Equanimity, Freedom, Thoughts

You are the author of your story

If I could pinpoint one pet peeve I’ve carried my whole life, it would be my displeasure in being portrayed falsely or misrepresented. I have always disliked when someone would lie or assume who I am, what I do/did or how I think/feel. I wouldn’t react per se; I would correct them or defend myself.

It wasn’t until I was in a toxic environment that I learned that there are people who purposefully give you false characteristics so that you fit into the narrative or fantasy they are living in.

This person has consistently shown me that in their world, my actions and words mean nothing unless they align with their perception. No matter what I say or do, even if it’s something they requested, I am still wrong.

Before I knew better, I would drive myself crazy trying to give them what they wanted. Whenever they’d say I did something I know I didn’t do, i would try and convince them of the truth. This person would even speak negatively about parts of my character they’d once praised and I would defend myself.
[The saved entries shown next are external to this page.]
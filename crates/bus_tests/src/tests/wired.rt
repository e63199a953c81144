//! A trace of the wires alone, and the events that they are told as.

use crate::tests::plays::with_change;
use crate::tests::reading::add;
use bus_wires::Wires;
use cbm_iec::*;
use std::alloc::Global;
use std::process::Abort;

const FREE: Lines = Lines {
    atn_low: false,
    clock_low: false,
    data_low: false,
};

/// What each party holds: the host, and the drives by their numbers.
#[derive(Drop)]
struct Hands {
    host: Lines,
    drives: Vec<(u8, Lines)>,
}

impl Hands {
    fn new(rt: &impl Abort, alloc: Global, parties: &[Party]) -> Hands {
        let mut drives = Vec::new(alloc);
        for party in parties {
            add(rt, &mut drives, (party.device, FREE));
        }
        Hands { host: FREE, drives }
    }

    fn change(&mut self, event: Event) {
        match event.who {
            Who::Host => self.host = with_change(self.host, event.change),
            Who::Drive(device) => {
                for (other, held) in &mut self.drives {
                    if *other == device {
                        *held = with_change(*held, event.change);
                    }
                }
            }
        }
    }

    fn wires(&self) -> Lines {
        let mut wires = self.host;
        for (_, held) in &self.drives {
            wires.clock_low = wires.clock_low || held.clock_low;
            wires.data_low = wires.data_low || held.data_low;
        }
        wires
    }
}

fn way(is_low: bool) -> Way {
    if is_low { Way::Pull } else { Way::Free }
}

/// The changes from some wires to others at one moment, in the order of ATN, CLOCK and DATA, or backwards.
fn turn(
    rt: &impl Abort,
    changes: &mut Vec<Change>,
    moment: u64,
    was: Lines,
    is: Lines,
    backwards: bool,
) {
    let atn = (Line::Atn, was.atn_low, is.atn_low);
    let clock = (Line::Clock, was.clock_low, is.clock_low);
    let data = (Line::Data, was.data_low, is.data_low);
    let order = if backwards {
        [data, clock, atn]
    } else {
        [atn, clock, data]
    };
    for (line, was_low, is_low) in order {
        if was_low != is_low {
            let way = way(is_low);
            add(rt, changes, Change { moment, line, way });
        }
    }
}

/// What a trace leaves on the wires: the changes from moment to moment.
pub fn wires_of(
    rt: &impl Abort,
    alloc: Global,
    parties: &[Party],
    trace: &[Event],
    backwards: bool,
) -> Vec<Change> {
    let mut held = Hands::new(rt, alloc, parties);
    let mut changes = Vec::new(alloc);
    let (mut shown, mut moment) = (FREE, 0);
    for event in trace {
        if event.change.moment != moment {
            turn(rt, &mut changes, moment, shown, held.wires(), backwards);
            shown = held.wires();
            moment = event.change.moment;
        }
        held.change(*event);
    }
    turn(rt, &mut changes, moment, shown, held.wires(), backwards);
    changes
}

/// The events that are known.
fn take(rt: &impl Abort, wires: &mut Wires, events: &mut Vec<Event>) {
    for _ in 0..1_000 {
        let Some(event) = wires.next() else {
            return;
        };
        add(rt, events, event);
    }
    assert!(rt; false, "the events of a moment come to an end");
}

/// The events that the wires of a trace are told as, up to an end.
pub fn told_by_wires(
    rt: &impl Abort,
    alloc: Global,
    parties: &[Party],
    trace: &[Event],
    end: u64,
) -> Vec<Event> {
    let mut wires = Wires::new(parties).expect(rt, "a bus");
    let mut events = Vec::new(alloc);
    for change in wires_of(rt, alloc, parties, trace, end % 2 == 1) {
        assert!(rt; wires.read(change).is_ok());
        take(rt, &mut wires, &mut events);
    }
    wires.finish(end);
    take(rt, &mut wires, &mut events);
    events
}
I had quickly understood that no matter what I said or did, it would never please this person. But, it took me a while to heal from what was going on. My default has always been to correct misinformation about myself or defend my truth. In this stage of my life, I had to grow from this or I would continue to decline mentally.

I had to learn new ways of finding peace without internalizing the perceptions others had about me. I had to be okay with people spreading misconceptions about me. Always being on the defense isn’t healthy, especially when no matter what people think and say about me won’t change who I am and how I present myself.
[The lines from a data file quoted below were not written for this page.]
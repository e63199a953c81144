//! Generated hosts, played to one to four drives, with the reader as judge.

use crate::tests::bounds::{BOUNDS, Bound};
use crate::tests::decided::names;
use crate::tests::plays::*;
use crate::tests::reading::{add, after};
use crate::tests::sessions::*;
use crate::tests::verdicts::*;
use cbm_iec::*;
use std::alloc::Global;
use std::process::Abort;

fn own_events(rt: &impl Abort, alloc: Global, events: &[Event], device: u8) -> Vec<Event> {
    let mut own = Vec::new(alloc);
    for event in events {
        if event.who == Who::Drive(device) {
            add(rt, &mut own, *event);
        }
    }
    own
}

fn parties_of(rt: &impl Abort, alloc: Global, session: &Session) -> Vec<Party> {
    let mut parties = Vec::new(alloc);
    for member in &session.members {
        assert!(rt; member.reaction <= 60);
        let party = one(member.device, member.reaction as u8);
        let pace = member.pace;
        add(rt, &mut parties, Party { pace, ..party });
    }
    parties
}

// What the drives make of the host's changes.
fn played(rt: &impl Abort, alloc: Global, session: &Session, changes: &[Change], end: u64) -> Bus {
    let parties = parties_of(rt, alloc, session);
    let mut bus = Bus::new(rt, alloc, &parties);
    bus.short = true;
    bus.mute = session.silent;
    bus.play(rt, changes, end);
    bus
}

// Whether a drive makes what was written down, and is told what counts.
fn is_followed(rt: &impl Abort, alloc: Global, bus: &Bus, session: &Session, device: u8) -> bool {
    let made = own_events(rt, alloc, &bus.events, device);
    let wanted = own_events(rt, alloc, &session.wanted, device);
    let counted = session.counted(rt, alloc);
    made.as_slice() == wanted.as_slice() && is_told(rt, alloc, &bus.heard, &counted, device)
}

// All drives do.
fn follows(rt: &impl Abort, alloc: Global, bus: &Bus, session: &Session, seed: u64) {
    for port in &bus.ports {
        let is_followed = is_followed(rt, alloc, bus, session, port.party.device);
        assert!(rt; is_followed, "seed {seed}: what a drive does");
    }
}

// A host that ends somewhere on the way: the changes up to then.
fn ended(rt: &impl Abort, alloc: Global, changes: &[Change], end: u64) -> Vec<Change> {
    let mut front = Vec::new(alloc);
    for change in changes {
        if change.moment <= end {
            add(rt, &mut front, *change);
        }
    }
    front
}

// Whether a later change is of that line.
fn comes_again(changes: &[Change], place: usize) -> bool {
    let mut line = None;
    for (other, change) in changes.iter().enumerate() {
        if other == place {
            line = Some(change.line);
        } else if line == Some(change.line) {
            return true;
        }
    }
    false
}

// A change left out, doubled, or its line changed in place of the next one's and that one's in its place.
fn disturbed(
    rt: &impl Abort,
    alloc: Global,
    changes: &[Change],
    place: usize,
    how: u64,
) -> Vec<Change> {
    let mut other = Vec::new(alloc);
    for (at, change) in changes.iter().enumerate() {
        let before = changes.get(at.wrapping_sub(1));
        let afterwards = changes.get(at.wrapping_add(1));
        match (how, afterwards, before) {
            (0, _, _) if at == place => {}
            (1, _, _) if at == place => {
                add(rt, &mut other, *change);
                add(rt, &mut other, *change);
            }
            (2, Some(next), _) if at == place => add(
                rt,
                &mut other,
                Change {
                    moment: change.moment,
                    ..*next
                },
            ),
            (2, _, Some(last)) if at == place.wrapping_add(1) => {
                add(
                    rt,
                    &mut other,
                    Change {
                        moment: change.moment,
                        ..*last
                    },
                );
            }
            _ => add(rt, &mut other, *change),
        }
    }
    other
}

// A host that keeps the timing: the drives make what was written down, and the trace is a session.
fn check_whole(rt: &impl Abort, alloc: Global, session: &Session, end: u64, seed: u64) {
    let bus = played(rt, alloc, session, &session.changes, end);
    follows(rt, alloc, &bus, session, seed);
    keeps(rt, alloc, &bus, end, "session", seed)
}

// The same host up to a moment of its own.
fn check_front(rt: &impl Abort, alloc: Global, session: &Session, until: u64, seed: u64) {
    let changes = ended(rt, alloc, &session.changes, until);
    let bus = played(rt, alloc, session, &changes, until);
    keeps(rt, alloc, &bus, until, "front of session", seed)
}

// A host that leaves a change out, doubles it, or swaps it with the next one where that matters; how many traces were
// judged.
fn check_disturbed(
    rt: &impl Abort,
    alloc: Global,
    session: &Session,
    place: usize,
    how: u64,
    end: u64,
    seed: u64,
) -> u64 {
    if how != 1 && !comes_again(&session.changes, place) {
        return 0;
    }
    let changes = disturbed(rt, alloc, &session.changes, place, how);
    let bus = played(rt, alloc, session, &changes, end);
    breaks(
        rt,
        alloc,
        &bus,
        end,
        "a change left out, doubled or swapped in",
        seed,
    );
    1
}

// A host that is late with a change, up to the moment before it.
fn check_late(
    rt: &impl Abort,
    alloc: Global,
    flawed: &Session,
    until: u64,
    bound: Bound,
    seed: u64,
) {
    let changes = ended(rt, alloc, &flawed.changes, until);
    let bus = played(rt, alloc, flawed, &changes, until);
    breaks(
        rt,
        alloc,
        &bus,
        until,
        "a change that is due left out in",
        seed,
    );
    names(rt, alloc, &bus, until, bound, seed)
}

// A host that breaks a bound by 1, and the same before its late change where it is late; how many traces were judged.
fn check_flawed(
    rt: &impl Abort,
    alloc: Global,
    seed: u64,
    flaw: u64,
    paces: u8,
    broken: &mut Vec<Bound>,
) -> u64 {
    let mut flawed = Session::new(rt, alloc, seed, flaw, paces);
    let end = after(flawed.write(rt, alloc), 3000);
    if let Some((bound, moment, late)) = flawed.broken {
        let bus = played(rt, alloc, &flawed, &flawed.changes, end);
        breaks(rt, alloc, &bus, end, "a bound broken by 1 in", seed);
        names(rt, alloc, &bus, end, bound, seed);
        add(rt, broken, bound);
        if late {
            check_late(rt, alloc, &flawed, moment.wrapping_sub(1), bound, seed);
            return 2;
        }
        return 1;
    }
    0
}

// Hosts made of one seed: one that keeps the timing, whole and up to a moment of its own, one that is disturbed, and
// one that breaks a bound. Answers how many traces were judged.
fn check(rt: &impl Abort, alloc: Global, seed: u64, paces: u8, broken: &mut Vec<Bound>) -> u64 {
    let mut session = Session::new(rt, alloc, seed, 0, paces);
    let end = session.write(rt, alloc);
    let last = after(end, 3000);
    check_whole(rt, alloc, &session, last, seed);
    let until = session.random(after(end, 1));
    check_front(rt, alloc, &session, until, seed);
    let how = session.random(3);
    let count = session.changes.len() as u64;
    let place = session.random(count) as usize;
    let disturbed = check_disturbed(rt, alloc, &session, place, how, last, seed);
    let flawed = check_flawed(rt, alloc, seed, session.choose(), paces, broken);
    after(2, after(disturbed, flawed))
}

// So many traces of some seeds, with each bound broken at least once. The drives keep the profile's pace; or all keep a
// KERNAL's with each other seed, and by the seed some of them, or all, with the others.
fn check_all(rt: &impl Abort, alloc: Global, first: u64, last: u64, of_kernal: bool) {
    let mut broken = Vec::new(alloc);
    let mut traces = 0;
    for seed in first..last {
        let paces = match (of_kernal, seed % 2) {
            (false, _) => 0,
            (true, 0) => 15,
            (true, _) => (seed / 2 % 15 + 1) as u8,
        };
        traces = after(traces, check(rt, alloc, seed, paces, &mut broken));
    }
    assert!(rt; traces >= 45_000, "{traces} traces");
    for bound in BOUNDS {
        assert!(rt; broken.contains(&bound), "{bound:?} was never broken");
    }
}

#[test]
fn first_eighth(rt: HostRuntime) {
    check_all(&rt, rt.alloc(), 0, 12_500, false)
}

#[test]
fn second_eighth(rt: HostRuntime) {
    check_all(&rt, rt.alloc(), 12_500, 25_000, false)
}

#[test]
fn third_eighth(rt: HostRuntime) {
    check_all(&rt, rt.alloc(), 25_000, 37_500, false)
}

#[test]
fn fourth_eighth(rt: HostRuntime) {
    check_all(&rt, rt.alloc(), 37_500, 50_000, false)
}

#[test]
fn fifth_eighth(rt: HostRuntime) {
    check_all(&rt, rt.alloc(), 50_000, 62_500, false)
}

#[test]
fn sixth_eighth(rt: HostRuntime) {
    check_all(&rt, rt.alloc(), 62_500, 75_000, false)
}

#[test]
fn seventh_eighth(rt: HostRuntime) {
    check_all(&rt, rt.alloc(), 75_000, 87_500, false)
}

#[test]
fn last_eighth(rt: HostRuntime) {
    check_all(&rt, rt.alloc(), 87_500, 100_000, false)
}

#[test]
fn of_both_paces(rt: HostRuntime) {
    check_all(&rt, rt.alloc(), 100_000, 112_500, true)
}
This person wanted to control their environment and because I was part of their world, the need to control extended to me. They did not respect my perspective and would only be kind of I saw the world how they saw it, which wasn’t often.

Everyone has the right to be who they want to be and the free will to do as they please but when it interferes with another’s sense of self, I draw the line. I accept this person as they are but when we are not in alignment, I have to distance myself.

It’s difficult to be who you want to be and meant to be if you are surrounded by those who can only see you from their narrative. If you have people in your life who are determined to misunderstand you, especially after you’ve already spoken your truth, you have a decision to make.

There are no rules that state you have to keep people in your life based on societal norms and traditions. Being family or any longstanding relationship is not a free pass to mistreat a person. If anything, those are the relationships where you should be able to be authentically you and if that’s not the case, reevaluate your life and choose the life that aligns with your desires.

I hope you are surrounded with the people who see and love you for who you are. I hope you write your own story!